While master and dissertation-level students will find this work useful, the book is primarily written for researchers and clinicians interested in developing new instruments, or assessing the measurement properties of existing instruments. The text is not overly technical and does not require an extensive statistical background (a first course in statistics is likely sufficient). The authors’ use of uniform and consistent language will also likely appeal to those with minimal background in statistics or test theory.

Chapter reviews

Following an introductory chapter, Chapters 2 and 3 review key concepts used in scale development and provide a framework for later chapters on CTT and IRT. Appropriate for those with no prior measurement background, the general statistical models that underlie item responses are introduced and discussed with examples from Wilson and Clearly’s [10] health-related quality of life model as a conceptual framework. The authors begin by underscoring that new instruments should only be developed when no other instruments are available for the researcher’s needs. Essentially, these chapters function as a review of the prerequisite material needed to better understand the material presented in Chapters 4 and 5.

Chapters 4 and 6 guide the reader through all phases of scale development, starting with field testing, data collection, and item reduction through practical examples of exploratory factor analysis (EFA). While interested readers will want more details provided by primary sources (e.g., [3], the chapter does include a useful introduction to EFA that the novice user will no doubt find helpful. Reliability is the focus of Chapter 5 and begins with a reasonably thorough discussion of CTT conceptions of internal consistency and ends with a more brief description modern IRT-based conceptions of score reliability as a function of the participant’s location on the latent continuum (for more descriptions of IRT models, see [2, 9]. Along the way, an extensive section is included on methods for assessing the reliability of categorical variables (e.g., Kappa statistics) and continuous variables obtained from data collection plans that utilize single and multiple raters (e.g., intraclass correlation coefficients). These sections are strong and likely to be useful when used along side primary sources (see [8]. While the reliability chapter is the most analytically heavy, it is not expected to be taxing for most readers given the ample number of examples the authors provide. Following this, Chapter 6 presents validity from the perspective of content, criterion, and construct validity using regression and CFA examples when useful.

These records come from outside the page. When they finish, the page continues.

// Projects whose components get numbers.
ghost use Rattle.project_model.specs.Changes.{IsIdInRange};

use crate::reading::read;
use case_tables::{CaseFault, TableFiles, name_of};
use geda_model::Object;
use geda_read::{read_sheet, read_symbol};
use project_model::{Change, Placed, Project, Thing, Value};
use refdes_renum::renumber;
use std::alloc::{AllocError, Global};

/// Gives a thing of a project a value.
fn put(alloc: Global, project: &mut Project, thing: Thing, value: Value) -> Result<(), AllocError>
    requires { IsIdInRange thing }
{
    let change = Change::one(alloc, thing, Some(value))?;
    project.reserve(alloc, &change)?;
    project.apply(change);
    Ok(())
}

/// Gives an object of a project its value.
fn put_object(
    alloc: Global,
    project: &mut Project,
    id: u32,
    placed: Placed,
) -> Result<(), CaseFault> {
    if id == 4294967295 {
        return Err(CaseFault::BadCase);
    }
    Ok(put(alloc, project, Thing::Object(id), Value::Object(placed))?)
}

/// Puts an object into a sheet, behind the others.
fn place(
    alloc: Global,
    project: &mut Project,
    sheet: &str,
    object: Object,
) -> Result<(), CaseFault> {
    let sheet = name_of(alloc, sheet)?;
    let id = project.next_id();
    put_object(alloc, project, id, Placed { sheet, object })
}

fn put_sheet(
    alloc: Global,
    project: &mut Project,
    file: &str,
    bytes: &[u8],
) -> Result<(), CaseFault> {
    let sheet = read(read_sheet(alloc, bytes))?;
    let name = Thing::SheetName(name_of(alloc, file)?);
    put(alloc, project, name, Value::Head(sheet.head))?;
    for object in sheet.objects.into_vec() {
        place(alloc, project, file, object)?;
    }
    Ok(())
}

fn put_symbol(
    alloc: Global,
    project: &mut Project,
    file: &str,
    bytes: &[u8],
) -> Result<(), CaseFault> {
    let symbol = read(read_symbol(alloc, bytes))?;
    let name = Thing::SymbolName(name_of(alloc, file)?);
    Ok(put(alloc, project, name, Value::Symbol(symbol))?)
}

/// Puts in the files that words name, in their order.
fn put_files(
    alloc: Global,
    project: &mut Project,
    words: &str,
    files: &TableFiles,
) -> Result<(), CaseFault> {
    for word in words.split_whitespace() {
        let bytes = files.find(word)?;
        if word.ends_with(".sym") {
            put_symbol(alloc, project, word, bytes)?;
        } else {
            put_sheet(alloc, project, word, bytes)?;
        }
    }
    Ok(())
}

/// Puts the sheet, the id and the first attached refdes of an object.
fn put_line(out: &mut String, id: u32, placed: &Placed) -> Result<(), AllocError> {
    write!(out, "> {} {id}", placed.sheet.as_str())?;
    for text in placed.object.attrs.as_slice() {
        if let Some(refdes) = text.content.as_str().strip_prefix("refdes=") {
            return writeln!(out, " {refdes}");
        }
    }
    out.push_str("\n")
}

/// Puts what an object gets, and gives it to that object.
fn take_object(
    alloc: Global,
    out: &mut String,
    project: &mut Project,
    id: u32,
    placed: Placed,
) -> Result<(), CaseFault> {
    put_line(out, id, &placed)?;
    put_object(alloc, project, id, placed)
}

/// Puts what an item of a change gives an object, and gives it to that object.
fn take(
    alloc: Global,
    out: &mut String,
    project: &mut Project,
    thing: Thing,
    value: Option<Value>,
) -> Result<(), CaseFault> {
    match (thing, value) {
        (Thing::Object(id), Some(Value::Object(placed))) => {
            take_object(alloc, out, project, id, placed)
        }
        (thing, value) => {
            drop(thing);
            drop(value);
            Err(CaseFault::BadCase)
        }
    }
}

/// Gives the components of a project their numbers.
fn run(alloc: Global, out: &mut String, project: &mut Project) -> Result<(), CaseFault> {
    let change = renumber(alloc, project)?;
    for (thing, value) in change.items.into_vec() {
        take(alloc, out, project, thing, value)?;
    }
    Ok(())
}

fn runs(
    alloc: Global,
    project: &mut Project,
    words: &str,
    files: &TableFiles,
) -> Result<String, CaseFault> {
    put_files(alloc, project, words, files)?;
    let mut out = String::new(alloc);
    run(alloc, &mut out, project)?;
    out.push_str("> again\n")?;
    run(alloc, &mut out, project)?;
    Ok(out)
}

/// The components of the project of some sheets and symbols that get a refdes, each with its sheet
/// and its id; behind them those that get one in a second run.
pub fn number(alloc: Global, words: &str, files: &TableFiles) -> Result<String, CaseFault> {
    let mut project = Project::new(alloc);
    let text = runs(alloc, &mut project, words, files);
    drop(project);
    text
}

The remaining chapters largely cover post-production topics. Chapter 7 discusses the concept of the scale’s “responsiveness” to patient-level changes in the construct or criterion over time (including an effective presentation of minimally important change (MIC) and smallest detectable change (SDC). Chapter 8 provides an overview of response shift bias, or the response variation over time can be attributed to an internal change in the patient’s interpretation of a scale or item (see Schwartz and Spangers [7]). To our knowledge, this is the first health-based measurement book to cover both the theoretical models that describe response shift and the qualitative and quantitative methods used to assess its magnitude. Finally, for researchers considering developing a scale, Chapter 9 provides a practical description of how to systematically review instruments in the research literature.

Conclusions

This book does not provide a scale development “recipe” but rather tries to address briefly many of the issues that commonly occur during scale development. This trade-off is both a strength and a weakness of the book. To the extent that the reader is interested in learning latent variable techniques in order to analyze large data sets with many items, the book is likely only a helpful introduction; however, because the book covers such a broad range of topics, researchers at any stage of the scale development or assessment process can be expected to find some utility in the advice and excellent examples the book provides. As research on health measurement expands, we expect this book to serve as a helpful companion to the medical and health researcher.